Bioinformatic analysis of α/β-hydrolase fold enzymes reveals subfamily-specific positions responsible for discrimination of amidase and lipase activities.

Superfamily of alpha-beta hydrolases is one of the largest groups of structurally related enzymes with diverse catalytic functions. Bioinformatic analysis was used to study how lipase and amidase catalytic activities are implemented into the same structural framework. Subfamily-specific positions--conserved within lipases and peptidases but different between them--that were supposed to be responsible for functional discrimination have been identified. Mutations at subfamily-specific positions were used to introduce amidase activity into Candida antarctica lipase B (CALB).
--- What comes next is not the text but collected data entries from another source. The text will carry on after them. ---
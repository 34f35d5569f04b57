//! What holds of every list of frames. The function does nothing: its contract is the laws.
ghost use Rattle.std.specs.Prelude.{◌≡◌, ℕ, List, []};
ghost use Rattle.dnp_link.specs.Frame.{FrameContent};
ghost use Rattle.dnp_transport.specs.Fragment.{fragments_of};
ghost use Rattle.dnp_receive.specs.Delivery.{station_at, replies_by, delivered_user_data};
ghost use Rattle.dnp_receive.specs.Completion.{replies_owed, fragments_completed};

/// What frames bring one after another is what they bring as a whole.
pub fn frame_by_frame()
    ensures replies { (own peer : ℕ) (frames : List FrameContent)
        → replies_owed own peer [] frames ≡ replies_by (station_at own peer) frames }
    ensures fragments { (own peer : ℕ) (frames : List FrameContent)
        → fragments_completed own peer [] frames ≡ fragments_of (delivered_user_data (station_at own peer) frames) }
{}
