//! What a whole stream of octets gives, through the layers that read it.
ghost use Rattle.std.specs.Prelude.{◌≡◌, ◌≤◌, map, length, IfOk};
ghost use Rattle.std.specs.List.{flat_map};
ghost use Rattle.dnp_link.specs.Stream.{reading};
ghost use Rattle.dnp_receive.specs.Delivery.{
  frames_of,
  response_at,
  stream_replies,
  stream_fragments,
  stream_responses,
};
ghost use Rattle.dnp_receive.specs.Gathering.{HasGathered};

use crate::gathering::Gathering;
use dnp_app::{AppFault, Response, read_response};
use dnp_link::LinkFeed;
use gw_model::Memory;
use std::alloc::Global;

/// The fragments in the octets of one outstation's connection, which come in these pieces. The frames are
/// those from the outstation's address, `peer`, to `own`.
pub fn fragments_of(
    alloc: Global,
    pieces: &[&[u8]],
    own: u16,
    peer: u16,
) -> Result<Vec<Vec<u8>>, Memory>
    ensures { IfOk result (λ fragments. map (λ f. f.items) fragments.items
        ≡ stream_fragments own peer (flat_map (λ piece. piece.now) pieces.now)) }
{
    let Gathering { fragments, .. } = gathering_of(alloc, pieces, own, peer)?;
    Ok(fragments)
}

/// The frames that the link owes in answer to the octets of a connection, in order. The frames are those from
/// the outstation's address, `peer`, to `own`.
pub fn replies_of(
    alloc: Global,
    pieces: &[&[u8]],
    own: u16,
    peer: u16,
) -> Result<Vec<[u8; 10]>, Memory>
    ensures { IfOk result (λ replies. replies.items
        ≡ stream_replies own peer (flat_map (λ piece. piece.now) pieces.now)) }
{
    let Gathering { replies, .. } = gathering_of(alloc, pieces, own, peer)?;
    Ok(replies)
}

/// The responses of an outstation in the octets of its connection, which come in these pieces: the fragments
/// that aren't refused. The frames are those from the outstation's address, `peer`, to `own`.
pub fn responses_of(
    alloc: Global,
    outstation: u8,
    pieces: &[&[u8]],
    own: u16,
    peer: u16,
) -> Result<Vec<Response>, Memory>
    ensures { IfOk result (λ responses. responses.items
        ≡ stream_responses outstation own peer (flat_map (λ piece. piece.now) pieces.now)) }
{
    let fragments = fragments_of(alloc, pieces, own, peer)?;
    let mut responses = Vec::new(alloc);
    for fragment in fragments {
        if let Some(response) = response_in(alloc, outstation, fragment)? {
            responses.push(response)?;
        }
    }
    Ok(responses)
}

/// What the octets of a connection brought, which come in these pieces.
fn gathering_of(alloc: Global, pieces: &[&[u8]], own: u16, peer: u16) -> Result<Gathering, Memory>
    ensures { IfOk result (HasGathered own peer (frames_of
        (reading (flat_map (λ piece. piece.now) pieces.now)).events)) }
{
    let mut feed = LinkFeed::new(alloc);
    let mut gathering = Gathering::new(alloc, own, peer);
    for piece in pieces {
        feed.feed(piece)?;
        gathering.drain(&mut feed)?;
    }
    Ok(gathering)
}

/// The response that a fragment is, where it isn't refused.
#[tactic(auto, unfolding(crate::specs::Delivery::response_at))]
fn response_in(alloc: Global, outstation: u8, fragment: Vec<u8>) -> Result<Option<Response>, Memory>
    requires { length fragment.items ≤ 2048 }
    ensures { IfOk result (λ response. response ≡ response_at outstation fragment.items) }
{
    match read_response(alloc, outstation, fragment) {
        Ok(response) => Ok(Some(response)),
        Err(AppFault::Memory) => Err(Memory),
        Err(AppFault::Short | AppFault::NotResponse | AppFault::Object(_)) => Ok(None),
    }
}
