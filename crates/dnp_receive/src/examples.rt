//! Worked examples, computed with the definitions that the contracts cite.
#![tactic(auto, unfolding(dnp_link::specs::Stream::reading, dnp_link::specs::Stream::event_at_front, dnp_link::specs::Frame::is_sealed, dnp_link::specs::Frame::frame, dnp_link::specs::Frame::octets_with_crc, dnp_link::specs::Crc::crc_of, dnp_link::specs::Polynomial::remainder, dnp_link::specs::Polynomial::long_division))]

ghost use Rattle.std.specs.Prelude.{◌≡◌, [], ◌∷◌, ◌++◌, Some, None, take};
ghost use Rattle.dnp_receive.specs.Delivery.{stream_replies, stream_fragments};
ghost use Rattle.dnp_receive.specs.Completion.{reply_owed, fragment_completed};
ghost use Rattle.dnp_receive.specs.Examples.{
  first_frame,
  second_frame,
  last_frame,
  frame_of_station_2,
  confirmed_frame,
  whole_frame,
  confirmed_whole_frame,
  reset_frame,
  status_request,
  acknowledgement,
  refusal,
  link_status,
  sent,
  reset,
  asked_status,
  whole,
  confirmed_whole,
};

/// A fragment in three segments, each the user data of a frame of 14 octets from station 1 to station 1024:
/// the frames alone; behind the front of a frame that breaks off; and with a frame from station 2, and one of
/// CONFIRMED_USER_DATA before a reset, between them.
pub fn three_frames()
    ensures alone { stream_fragments 1024 1 (first_frame ++ second_frame ++ last_frame)
        ≡ (0xAA ∷ 0xBB ∷ 0xCC ∷ []) ∷ [] }
    ensures resynchronised { stream_fragments 1024 1 (take 6 first_frame ++ first_frame ++ second_frame ++ last_frame)
        ≡ (0xAA ∷ 0xBB ∷ 0xCC ∷ []) ∷ [] }
    ensures among_others { stream_fragments 1024 1
        (first_frame ++ frame_of_station_2 ++ confirmed_frame ++ second_frame ++ last_frame)
        ≡ (0xAA ∷ 0xBB ∷ 0xCC ∷ []) ∷ [] }
{}

/// A fragment in one segment, to station 1024 from station 1, as these and other stations see it.
pub fn one_frame()
    ensures seen { stream_fragments 1024 1 whole_frame ≡ (0xDD ∷ []) ∷ [] }
    ensures to_another { stream_fragments 1025 1 whole_frame ≡ [] }
    ensures from_another { stream_fragments 1024 2 whole_frame ≡ [] }
    ensures broken_off { stream_fragments 1024 1 (take 13 whole_frame) ≡ [] }
{}

/// The same fragment as CONFIRMED_USER_DATA: before a reset; after one, and once more after that, with the frame
/// count bit that is old by then. REQUEST_LINK_STATUS behind the frame without confirmation.
pub fn confirmed_frame()
    ensures refused { stream_replies 1024 1 confirmed_whole_frame ≡ refusal ∷ [] }
    ensures not_delivered { stream_fragments 1024 1 confirmed_whole_frame ≡ [] }
    ensures acknowledged { stream_replies 1024 1 (reset_frame ++ confirmed_whole_frame ++ confirmed_whole_frame)
        ≡ acknowledgement ∷ acknowledgement ∷ acknowledgement ∷ [] }
    ensures delivered_once { stream_fragments 1024 1 (reset_frame ++ confirmed_whole_frame ++ confirmed_whole_frame)
        ≡ (0xDD ∷ []) ∷ [] }
    ensures status { stream_replies 1024 1 (whole_frame ++ status_request) ≡ link_status ∷ [] }
{}

/// The same frame by frame: what the last one is owed, and what it completes.
pub fn last_of_frames()
    ensures acknowledged { reply_owed 1024 1 (reset ∷ []) confirmed_whole ≡ Some acknowledgement }
    ensures completes { fragment_completed 1024 1 (reset ∷ []) confirmed_whole ≡ Some (0xDD ∷ []) }
    ensures repeat_acknowledged { reply_owed 1024 1 (reset ∷ confirmed_whole ∷ []) confirmed_whole
        ≡ Some acknowledgement }
    ensures repeat_completes_nothing { fragment_completed 1024 1 (reset ∷ confirmed_whole ∷ []) confirmed_whole ≡ None }
    // No reply is owed for UNCONFIRMED_USER_DATA, and no reset is needed.
    ensures unconfirmed { reply_owed 1024 1 [] whole ≡ None }
    ensures unconfirmed_completes { fragment_completed 1024 1 [] whole ≡ Some (0xDD ∷ []) }
    // A frame to all stations is for none that masters have.
    ensures to_all { fragment_completed 1024 1 [] (record whole { destination = 65535 }) ≡ None }
    ensures to_all_unanswered { reply_owed 1024 1 [] (record asked_status { destination = 65533 }) ≡ None }
    // Another frame may come between the segments of a fragment.
    ensures status { reply_owed 1024 1 (sent 0x44 (0x7E ∷ 0xAA ∷ []) ∷ []) asked_status ≡ Some link_status }
    ensures goes_on { fragment_completed 1024 1 (sent 0x44 (0x7E ∷ 0xAA ∷ []) ∷ asked_status ∷ [])
        (sent 0x44 (0xBF ∷ 0xBB ∷ [])) ≡ Some (0xAA ∷ 0xBB ∷ []) }
{}
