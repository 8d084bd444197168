//! The timers, run up to a moment.

ghost use Rattle.std.specs.Prelude.{◌≡◌, ◌≤◌, ◌<◌, ◌+◌, ◌++◌, [], List, Some};
ghost use Rattle.ssf_core.specs.Happenings.{Happening, sent_at};
ghost use Rattle.ssf_core.specs.Running.{Runs};
ghost use Rattle.ssf_core.specs.Stages.{IsQuiet, IsTimelyStage, IsBounded, due_by, expiries_left, expiry_of, items_left, expiry_moment, next_expiry_of, sooner_of, stage_due, switch_due_of};
ghost use Rattle.ssf_core.specs.Steps.{Expires};
ghost use Rattle.ssf_core.specs.Rules.{on_tssf};
ghost use Rattle.ssf_core.specs.declared.config.SsfConfig.{SsfConfig as Config};
ghost use Rattle.ssf_core.specs.declared.item.Out.{Out as Sent};
ghost use Rattle.arrayvec.specs.ArrayVec.{array_vec_len};

use crate::sending::{clear, proceed, report, send};
use crate::stage::{Active, Charging, Stage, Switch};
use crate::{DefaultHandling, Moment, Out, SsfConfig};
use arrayvec::ArrayVec;
use cap_values::Cause;
use price_core::HORIZON;

/// A timer.
#[derive(Clone, Copy)]
enum Timer {
    /// It runs to the tariff switch.
    Tsw,
    /// It measures a call period.
    Tcp,
    /// It waits for a further period.
    Tccd,
    /// It waits for instructions.
    Tssf,
}

/// The expiry of a timer.
#[derive(Clone, Copy)]
struct Expiry {
    due: Moment,
    timer: Timer,
}

/// Lets all timers expire that are due by now, each as of its due moment.
pub(crate) fn run_timers(
    config: &SsfConfig,
    stage: Stage,
    sent: &mut ArrayVec<Out, 8>,
    last: Moment,
    now: Moment,
) -> Stage
    requires moment { now ≤ HORIZON }
    requires last { last ≤ now }
    requires timely { IsTimelyStage last stage }
    requires empty { sent.old.items ≡ [] }
    ensures timely { IsTimelyStage now result }
    ensures quiet { IsQuiet now result }
    ensures room { array_vec_len sent.new ≤ 3 }
    ensures traced { (t : List Happening) → Runs config.now last stage t now result sent.new.items }
{
    let mut stage = stage;
    while let Some(expiry) = next_expiry_by(&stage, now) {
        stage = expire(config, stage, sent, expiry);
    }
    stage
}

/// When Tsw is due: at the tariff switch.
fn tsw_due(stage: &Stage) -> Option<Moment>
    ensures { result ≡ stage_due stage.now Timer.Tsw }
{
    match stage {
        Stage::Initial { early, .. } => switch_due(early.switch),
        Stage::Early(early) => switch_due(early.switch),
        Stage::Active(active) => switch_due(active.switch),
        Stage::Unused | Stage::Requested | Stage::Down { .. } | Stage::Ended => None,
    }
}

/// When a switch is due, while it is awaited.
fn switch_due(switch: Switch) -> Option<Moment>
    ensures { result ≡ switch_due_of switch }
{
    match switch {
        Switch::Due(moment) => Some(moment),
        Switch::Unset | Switch::Passed(_) => None,
    }
}

/// When Tcp is due: at the end of the period.
fn tcp_due(stage: &Stage) -> Option<Moment>
    requires { IsBounded stage.now }
    ensures { result ≡ stage_due stage.now Timer.Tcp }
{
    match stage {
        Stage::Active(
            Active {
                charging: Charging::Running { .. },
                answered,
                granted,
                ..
            },
        ) => Some(*answered + u64::from(*granted)),
        _ => None,
    }
}

/// When Tccd is due: some time after the end of the period.
fn tccd_due(stage: &Stage) -> Option<Moment>
    ensures { result ≡ stage_due stage.now Timer.Tccd }
{
    match stage {
        Stage::Active(
            Active {
                charging: Charging::Over { due },
                ..
            },
        ) => Some(*due),
        _ => None,
    }
}

/// When Tssf is due: some time after it was last started.
fn tssf_due(stage: &Stage) -> Option<Moment>
    ensures { result ≡ stage_due stage.now Timer.Tssf }
{
    match stage {
        Stage::Initial { due, .. } => Some(*due),
        Stage::Down { due } => Some(*due),
        _ => None,
    }
}

/// The expiry of a timer at its due moment, where it has one.
fn expiry_at(timer: Timer, due: Option<Moment>) -> Option<Expiry>
    ensures { result ≡ expiry_of timer due }
{
    match due {
        Some(due) => Some(Expiry { due, timer }),
        None => None,
    }
}

/// The sooner of two expiries; the first where both are due at one moment.
fn sooner_expiry(first: Option<Expiry>, second: Option<Expiry>) -> Option<Expiry>
    ensures { result ≡ sooner_of first second }
{
    match (first, second) {
        (Some(first), Some(second)) if first.due <= second.due => Some(first),
        (Some(first), None) => Some(first),
        (_, second) => second,
    }
}

/// The next expiry.
fn next_expiry(stage: &Stage) -> Option<Expiry>
    requires { IsBounded stage.now }
    ensures { result ≡ next_expiry_of stage.now }
{
    let tsw = expiry_at(Timer::Tsw, tsw_due(stage));
    let tcp = expiry_at(Timer::Tcp, tcp_due(stage));
    let tccd = expiry_at(Timer::Tccd, tccd_due(stage));
    let tssf = expiry_at(Timer::Tssf, tssf_due(stage));
    sooner_expiry(tsw, sooner_expiry(tcp, sooner_expiry(tccd, tssf)))
}

/// The moment of the next expiry.
pub(crate) fn next_due(stage: &Stage) -> Option<Moment>
    requires { IsBounded stage.now }
    ensures { result ≡ expiry_moment (next_expiry_of stage.now) }
{
    match next_expiry(stage) {
        Some(expiry) => Some(expiry.due),
        None => None,
    }
}

/// The next expiry, if it is due by now.
fn next_expiry_by(stage: &Stage, now: Moment) -> Option<Expiry>
    requires { IsBounded stage.now }
    ensures { result ≡ due_by now (next_expiry_of stage.now) }
{
    match next_expiry(stage) {
        Some(expiry) if expiry.due <= now => Some(expiry),
        _ => None,
    }
}

/// Lets a timer expire, as of its due moment.
fn expire(config: &SsfConfig, stage: Stage, sent: &mut ArrayVec<Out, 8>, expiry: Expiry) -> Stage
    requires moment { expiry.due ≤ HORIZON }
    requires room { array_vec_len sent.old ≤ 5 }
    requires timely { IsTimelyStage expiry.due stage }
    requires due { stage_due stage expiry.timer ≡ Some expiry.due }
    ensures expires { Expires config.now stage expiry.due expiry.timer result
        sent.old.items sent.new.items }
    ensures timely { IsTimelyStage expiry.due result }
    ensures fewer { expiries_left result < expiries_left stage }
    ensures room { array_vec_len sent.new + items_left result
        ≤ array_vec_len sent.old + items_left stage }
{
    match expiry.timer {
        Timer::Tsw => switch_over(stage, expiry.due),
        Timer::Tcp => end_period(config, stage, sent, expiry.due),
        Timer::Tccd => clear(sent, expiry.due, Cause::temporary_failure()),
        Timer::Tssf => handle_by_default(config, sent, expiry.due),
    }
}

/// Tsw: the switch came.
fn switch_over(stage: Stage, now: Moment) -> Stage
    requires timely { IsTimelyStage now stage }
    requires due { stage_due stage Timer.Tsw ≡ Some now }
    ensures expires { (config : Config) (sent : List Sent)
        → Expires config stage now Timer.Tsw result sent sent }
    ensures timely { IsTimelyStage now result }
    ensures fewer { expiries_left result < expiries_left stage }
    ensures room { items_left result ≤ items_left stage }
{
    match stage {
        Stage::Initial { mut early, due } => {
            early.switch = Switch::Passed(now);
            Stage::Initial { early, due }
        }
        Stage::Early(mut early) => {
            early.switch = Switch::Passed(now);
            Stage::Early(early)
        }
        Stage::Active(mut active) => {
            active.switch = Switch::Passed(now);
            Stage::Active(active)
        }
        other => other,
    }
}

/// Tcp: the period is over. With the wish to release, a last report, and the call is cleared; else
/// a report, and Tccd starts.
fn end_period(config: &SsfConfig, stage: Stage, sent: &mut ArrayVec<Out, 8>, now: Moment) -> Stage
    requires moment { now ≤ HORIZON }
    requires room { array_vec_len sent.old ≤ 5 }
    requires timely { IsTimelyStage now stage }
    requires due { stage_due stage Timer.Tcp ≡ Some now }
    ensures expires { Expires config.now stage now Timer.Tcp result
        sent.old.items sent.new.items }
    ensures timely { IsTimelyStage now result }
    ensures fewer { expiries_left result < expiries_left stage }
    ensures room { array_vec_len sent.new + items_left result
        ≤ array_vec_len sent.old + items_left stage }
{
    let Stage::Active(mut active) = stage else {
        return stage;
    };
    let Charging::Running { release } = active.charging else {
        return Stage::Active(active);
    };
    send(sent, now, report(&active, now, !release));
    if release {
        return clear(sent, now, Cause::normal_call_clearing());
    }
    active.charging = Charging::Over {
        due: now + u64::from(config.tccd),
    };
    Stage::Active(active)
}

/// Tssf: the default handling.
fn handle_by_default(config: &SsfConfig, sent: &mut ArrayVec<Out, 8>, now: Moment) -> Stage
    requires { array_vec_len sent.old ≤ 5 }
    ensures stage { result ≡ Stage.Ended }
    ensures items { sent.new.items ≡ sent.old.items
        ++ sent_at now (on_tssf config.now.default_handling).sent }
    ensures room { array_vec_len sent.new ≡ array_vec_len sent.old + 2 }
{
    match config.default_handling {
        DefaultHandling::Proceed => proceed(sent, now),
        DefaultHandling::Release => clear(sent, now, Cause::temporary_failure()),
    }
}
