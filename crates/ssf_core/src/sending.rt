//! What is sent, put at the end of a step.

ghost use Rattle.std.specs.Prelude.{◌≡◌, ◌+◌, ◌++◌, ◌<◌, ◌≤◌, ◌∷◌, ◌-◌, [], ℕ, List};
ghost use Rattle.ssf_core.specs.Happenings.{Happening, Took, sent_at};
ghost use Rattle.ssf_core.specs.Rules.{by_mode, ends, event_report, last_report_sent, notified, report};
ghost use Rattle.ssf_core.specs.Split.{split};
ghost use Rattle.ssf_core.specs.Stages.{IsActiveTimely, IsSwitchTimely, IsTimelyStage, passed_switch};
ghost use Rattle.ssf_core.specs.Stands.{ActiveMatches};
ghost use Rattle.ssf_core.specs.Steps.{FollowsEffect};
ghost use Rattle.ssf_core.specs.declared.ssf.Input.{Input};
ghost use Rattle.arrayvec.specs.ArrayVec.{array_vec_len};
ghost use Rattle.ssf_core.specs.declared.item.Item.TheVariants as item;

use crate::stage::{Active, Charging, Stage, Switch};
use crate::{Item, Moment, Out, SsfConfig};
use arrayvec::ArrayVec;
use cap_values::{Cause, Event, Leg, Mode, SsfMsg};
use price_core::{DAY, HORIZON, TimeInfo};

/// Sends an item as of a moment.
pub(crate) fn send(sent: &mut ArrayVec<Out, 8>, now: Moment, item: Item)
    requires { array_vec_len sent.old < 8 }
    ensures items { sent.new.items ≡ sent.old.items ++ sent_at now (item ∷ []) }
    ensures room { array_vec_len sent.new ≡ array_vec_len sent.old + 1 }
{
    sent.push(Out { at: now, item });
}

/// The dialogue ends: `Ended` is sent last.
pub(crate) fn end(sent: &mut ArrayVec<Out, 8>, now: Moment) -> Stage
    requires { array_vec_len sent.old < 8 }
    ensures stage { result ≡ Stage.Ended }
    ensures items { sent.new.items ≡ sent.old.items ++ sent_at now (ends []).sent }
    ensures room { array_vec_len sent.new ≡ array_vec_len sent.old + 1 }
{
    send(sent, now, Item::Msg(SsfMsg::Ended));
    Stage::Ended
}

/// The call is cleared, and the dialogue ends.
pub(crate) fn clear(sent: &mut ArrayVec<Out, 8>, now: Moment, cause: Cause) -> Stage
    requires { array_vec_len sent.old ≤ 6 }
    ensures stage { result ≡ Stage.Ended }
    ensures items { sent.new.items ≡ sent.old.items
        ++ sent_at now (ends (item.Clear cause ∷ [])).sent }
    ensures room { array_vec_len sent.new ≡ array_vec_len sent.old + 2 }
{
    send(sent, now, Item::Clear(cause));
    end(sent, now)
}

/// The call goes on without the service.
pub(crate) fn proceed(sent: &mut ArrayVec<Out, 8>, now: Moment) -> Stage
    requires { array_vec_len sent.old ≤ 6 }
    ensures stage { result ≡ Stage.Ended }
    ensures items { sent.new.items ≡ sent.old.items
        ++ sent_at now (ends (item.Proceed ∷ [])).sent }
    ensures room { array_vec_len sent.new ≡ array_vec_len sent.old + 2 }
{
    send(sent, now, Item::Proceed);
    end(sent, now)
}

/// Reports an event.
fn report_event(
    sent: &mut ArrayVec<Out, 8>,
    now: Moment,
    event: Event,
    leg: Option<Leg>,
    mode: Mode,
)
    requires { array_vec_len sent.old < 8 }
    ensures items { sent.new.items ≡ sent.old.items
        ++ sent_at now (event_report event leg mode) }
    ensures room { array_vec_len sent.new ≡ array_vec_len sent.old + 1 }
{
    send(
        sent,
        now,
        Item::Msg(SsfMsg::EventReport { event, leg, mode }),
    );
}

/// Reports an event where its mode is NotifyAndContinue.
pub(crate) fn notify(sent: &mut ArrayVec<Out, 8>, now: Moment, event: Event, mode: Mode)
    requires { array_vec_len sent.old < 8 }
    ensures items { sent.new.items ≡ sent.old.items ++ sent_at now (notified event mode) }
    ensures room { array_vec_len sent.new ≤ array_vec_len sent.old + 1 }
{
    match mode {
        Mode::NotifyAndContinue => report_event(sent, now, event, None, mode),
        Mode::Interrupted | Mode::Transparent => {}
    }
}

/// An event that ends or interrupts the call, by its mode. Transparent: ends. NotifyAndContinue:
/// reported, ends. Interrupted: reported, and the service is asked.
pub(crate) fn by_mode(
    config: &SsfConfig,
    sent: &mut ArrayVec<Out, 8>,
    now: Moment,
    event: Event,
    leg: Option<Leg>,
    mode: Mode,
) -> Stage
    requires moment { now ≤ HORIZON }
    requires room { array_vec_len sent.old ≤ 6 }
    ensures follows { (t : List Happening) (input : Input) → FollowsEffect config.now t now
        (Took input)
        (by_mode event leg mode) result sent.old.items sent.new.items }
    ensures timely { IsTimelyStage now result }
    ensures room { array_vec_len sent.new ≤ array_vec_len sent.old + 2 }
{
    match mode {
        Mode::Interrupted => {
            report_event(sent, now, event, leg, mode);
            Stage::Down {
                due: now + u64::from(config.tssf),
            }
        }
        Mode::NotifyAndContinue => {
            report_event(sent, now, event, leg, mode);
            end(sent, now)
        }
        Mode::Transparent => end(sent, now),
    }
}

/// The time from the answer to a moment of the same day, split at the switch.
fn times(answered: Moment, switch: Switch, now: Moment) -> TimeInfo
    requires answered { answered ≤ now }
    requires within_day { now ≤ answered + DAY }
    requires switch { IsSwitchTimely now switch }
    ensures { result ≡ split answered (passed_switch switch) now }
{
    match switch {
        Switch::Passed(switch) if switch <= answered => TimeInfo::Switch {
            since: (now - answered) as u32,
            interval: None,
        },
        Switch::Passed(switch) => TimeInfo::Switch {
            since: (now - switch) as u32,
            interval: Some((switch - answered) as u32),
        },
        Switch::Unset | Switch::Due(_) => TimeInfo::NoSwitch {
            t: (now - answered) as u32,
        },
    }
}

/// The charging report of an active call.
pub(crate) fn report(active: &Active, now: Moment, goes_on: bool) -> Item
    requires timely { IsActiveTimely now active.now }
    requires within { now ≤ active.now.answered + active.now.granted }
    ensures { (tccd : ℕ) (t : List Happening) → ActiveMatches tccd active.now t
        → result ≡ report t now goes_on }
{
    Item::Msg(SsfMsg::ChargingReport {
        active: goes_on,
        info: times(active.answered, active.switch, now),
    })
}

/// If a period is pending: sends a report that the call doesn't go on.
pub(crate) fn send_last_report(sent: &mut ArrayVec<Out, 8>, now: Moment, active: &Active)
    requires room { array_vec_len sent.old < 8 }
    requires timely { IsActiveTimely now active.now }
    ensures items { (tccd : ℕ) (t : List Happening) → ActiveMatches tccd active.now t
        → sent.new.items ≡ sent.old.items ++ sent_at now (last_report_sent t now) }
    ensures room { array_vec_len sent.new ≤ array_vec_len sent.old + 1 }
{
    match active.charging {
        Charging::Running { .. } => send(sent, now, report(active, now, false)),
        Charging::Off | Charging::Over { .. } => {}
    }
}
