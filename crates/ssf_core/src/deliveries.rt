//! The operations of the service on their way to gsmSSFs.

ghost use Rattle.std.specs.Prelude.{◌≡◌, ◌++◌, ◌≤◌, OnOk};
ghost use Rattle.std.specs.Option.{ForSome};
ghost use Rattle.cap_values.specs.Orders.{operations_in};
ghost use Rattle.ssf_core.specs.Deliveries.{TakesDue, deliveries_at, next_delivery};
ghost use Rattle.ssf_core.specs.Moments.{in_reach, sooner};

use crate::{Moment, operations_of};
use cap_values::{Instructions, ScfOp};
use price_core::HORIZON;
use std::alloc::AllocError;
use std::collections::VecDeque;

/// An operation on its way.
#[derive(Clone, Copy)]
pub struct Delivery {
    /// When it is delivered.
    pub at: Moment,
    /// The call whose gsmSSF gets it.
    pub call: u64,
    /// What is delivered.
    pub op: ScfOp,
}

/// Sends the operations of instructions on their way, one after the other, all to be delivered to
/// one call at one moment. Where memory ran out, some of them may be on their way.
pub fn send(
    deliveries: &mut VecDeque<Delivery>,
    at: Moment,
    call: u64,
    instructions: Instructions,
) -> Result<(), AllocError>
    ensures sent { OnOk result (deliveries.new.items
        ≡ deliveries.old.items ++ deliveries_at at call (operations_in instructions)) }
{
    let operations = operations_of(instructions);
    for op in operations.as_slice() {
        deliveries.push_back(Delivery { at, call, op: *op })?;
    }
    Ok(())
}

/// The moment of the first delivery, none where none is on its way.
pub fn next_delivery(deliveries: &VecDeque<Delivery>) -> Option<Moment>
    ensures first { result ≡ next_delivery deliveries.now.items }
{
    match deliveries.front() {
        Some(delivery) => Some(delivery.at),
        None => None,
    }
}

/// Takes the first delivery, where it is due by now.
pub fn take_due(deliveries: &mut VecDeque<Delivery>, now: Moment) -> Option<Delivery>
    ensures takes { TakesDue now deliveries.old.items result deliveries.new.items }
{
    let at = next_delivery(deliveries)?;
    if now < at {
        return None;
    }
    deliveries.pop_front()
}

/// The least of these moments: that of what a call meets next, that of the next delivery, and that
/// at which a timer is due. None where there is none of them, or where it is above `HORIZON`, the
/// last moment that a gsmSSF takes.
pub fn next_moment(
    event: Option<Moment>,
    delivery: Option<Moment>,
    due: Option<Moment>,
) -> Option<Moment>
    ensures least { result ≡ in_reach (sooner (sooner event delivery) due) }
    ensures in_range { ForSome result (λ moment. moment ≤ HORIZON) }
{
    let next = sooner(sooner(event, delivery), due)?;
    if HORIZON < next {
        return None;
    }
    Some(next)
}

/// The lesser of two moments, where there are two.
fn sooner(first: Option<Moment>, second: Option<Moment>) -> Option<Moment>
    ensures { result ≡ sooner first second }
{
    match (first, second) {
        (None, _) => second,
        (_, None) => first,
        (Some(one), Some(other)) => Some(one.min(other)),
    }
}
Molecular modeling was implemented to evaluate influence of selected residues on binding and catalytic conversion of amide substrate by corresponding library of mutants. In silico screening was applied to select reactive enzyme-substrate complexes that satisfy knowledge-based criteria of amidase catalytic activity. Selected CALB variants with substitutions at subfamily-specific positions Gly39, Thr103, Trp104, and Leu278 were produced and showed significant improvement of experimentally measured amidase activity. Based on these results, we suggest that value of subfamily-specific positions should be further explored in order to develop a systematic tool to study structure-function relationship in enzymes and to use this information for rational enzyme engineering.